Start of Block
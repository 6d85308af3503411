//! Code that is judged piece by piece.

ghost use Rattle.std.specs.Prelude.{◌≡◌, ◌+◌, ◌*◌, ◌%◌, ◌<◌, ◌≤◌, ℕ, List, [], ◌++◌, length};
ghost use Rattle.lfi_module.specs.Numbers.{most_words};
ghost use Rattle.lfi_check.specs.Checking.{Checks};

use crate::code::Code;
use crate::verdict::Verdict;
use a64_word::WORD_BYTES;
use lfi_module::Profile;
use lfi_rules::{Fault, Need, fault_after, judge, leave};

/// A module of which a beginning has been judged. It keeps no byte of it.
#[derive(Clone, Copy)]
pub struct Beginning {
    /// By which profile it is judged.
    pub profile: Profile,
    /// How many words the whole module has: 1 to 4,194,304.
    pub words: u32,
    /// How many of them have been judged.
    pub judged: u32,
    /// The first fault so far.
    pub fault: Option<Fault>,
    /// What the words judged leave open, where there is no fault.
    pub tail: Need,
}

ghost use Rattle.lfi_check.specs.Begun.{Begins};

impl Beginning {
    /// That of a module of `words` words, none of which has been judged.
    pub fn none(words: u32, profile: Profile) -> Beginning
        requires some { 1 ≤ words }
        requires most { words ≤ most_words }
        ensures begins { Begins result [] }
        ensures words { result.words ≡ words }
        ensures profile { result.profile ≡ profile }
    {
        Beginning {
            profile,
            words,
            judged: 0,
            fault: None,
            tail: Need::Nothing,
        }
    }

    /// One piece more: whole words, at least one, and no more than are to come.
    pub fn with(self, piece: &[u8]) -> Beginning
        requires some { 0 < length piece.now }
        requires whole { length piece.now % 4 ≡ 0 }
        requires room { 4 * self.judged + length piece.now ≤ 4 * self.words }
        requires most { self.words ≤ most_words }
        ensures begins { (bytes : List ℕ) → Begins self bytes → Begins result (bytes ++ piece.now) }
        ensures judged { 4 * result.judged ≡ 4 * self.judged + length piece.now }
        ensures words { result.words ≡ self.words }
        ensures profile { result.profile ≡ self.profile }
    {
        let judged = self.judged + (piece.len() / WORD_BYTES) as u32;
        if self.fault.is_some() {
            return Beginning { judged, ..self };
        }
        let Some(code) = Code::new(piece) else {
            unreachable!();
        };
        let verdict = judge(&code, self.judged, self.words, self.profile);
        Beginning {
            profile: self.profile,
            words: self.words,
            judged,
            fault: fault_after(self.words, self.tail, &verdict, code.len_words()),
            tail: leave(self.tail, &verdict),
        }
    }

    /// The verdict on a module of which all words have been judged: that of `judge_code` on all its
    /// bytes.
    pub fn verdict(self) -> Verdict
        requires some { 1 ≤ self.words }
        requires all { self.judged ≡ self.words }
        ensures { (bytes : List ℕ) → Begins self bytes → Checks self.profile bytes result }
    {
        match self.fault {
            Some(fault) => Verdict::Refused(fault),
            None => Verdict::Lawful { words: self.words },
        }
    }
}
End of Block
Transcribe the data above in full, exactly.

repository 6d85308af3503411
//! Code that is judged piece by piece.

ghost use Rattle.std.specs.Prelude.{◌≡◌, ◌+◌, ◌*◌, ◌%◌, ◌<◌, ◌≤◌, ℕ, List, [], ◌++◌, length};
ghost use Rattle.lfi_module.specs.Numbers.{most_words};
ghost use Rattle.lfi_check.specs.Checking.{Checks};

use crate::code::Code;
use crate::verdict::Verdict;
use a64_word::WORD_BYTES;
use lfi_module::Profile;
use lfi_rules::{Fault, Need, fault_after, judge, leave};

/// A module of which a beginning has been judged. It keeps no byte of it.
#[derive(Clone, Copy)]
pub struct Beginning {
    /// By which profile it is judged.
    pub profile: Profile,
    /// How many words the whole module has: 1 to 4,194,304.
    pub words: u32,
    /// How many of them have been judged.
    pub judged: u32,
    /// The first fault so far.
    pub fault: Option<Fault>,
    /// What the words judged leave open, where there is no fault.
    pub tail: Need,
}

ghost use Rattle.lfi_check.specs.Begun.{Begins};

impl Beginning {
    /// That of a module of `words` words, none of which has been judged.
    pub fn none(words: u32, profile: Profile) -> Beginning
        requires some { 1 ≤ words }
        requires most { words ≤ most_words }
        ensures begins { Begins result [] }
        ensures words { result.words ≡ words }
        ensures profile { result.profile ≡ profile }
    {
        Beginning {
            profile,
            words,
            judged: 0,
            fault: None,
            tail: Need::Nothing,
        }
    }

    /// One piece more: whole words, at least one, and no more than are to come.
    pub fn with(self, piece: &[u8]) -> Beginning
        requires some { 0 < length piece.now }
        requires whole { length piece.now % 4 ≡ 0 }
        requires room { 4 * self.judged + length piece.now ≤ 4 * self.words }
        requires most { self.words ≤ most_words }
        ensures begins { (bytes : List ℕ) → Begins self bytes → Begins result (bytes ++ piece.now) }
        ensures judged { 4 * result.judged ≡ 4 * self.judged + length piece.now }
        ensures words { result.words ≡ self.words }
        ensures profile { result.profile ≡ self.profile }
    {
        let judged = self.judged + (piece.len() / WORD_BYTES) as u32;
        if self.fault.is_some() {
            return Beginning { judged, ..self };
        }
        let Some(code) = Code::new(piece) else {
            unreachable!();
        };
        let verdict = judge(&code, self.judged, self.words, self.profile);
        Beginning {
            profile: self.profile,
            words: self.words,
            judged,
            fault: fault_after(self.words, self.tail, &verdict, code.len_words()),
            tail: leave(self.tail, &verdict),
        }
    }

    /// The verdict on a module of which all words have been judged: that of `judge_code` on all its
    /// bytes.
    pub fn verdict(self) -> Verdict
        requires some { 1 ≤ self.words }
        requires all { self.judged ≡ self.words }
        ensures { (bytes : List ℕ) → Begins self bytes → Checks self.profile bytes result }
    {
        match self.fault {
            Some(fault) => Verdict::Refused(fault),
            None => Verdict::Lawful { words: self.words },
        }
    }
}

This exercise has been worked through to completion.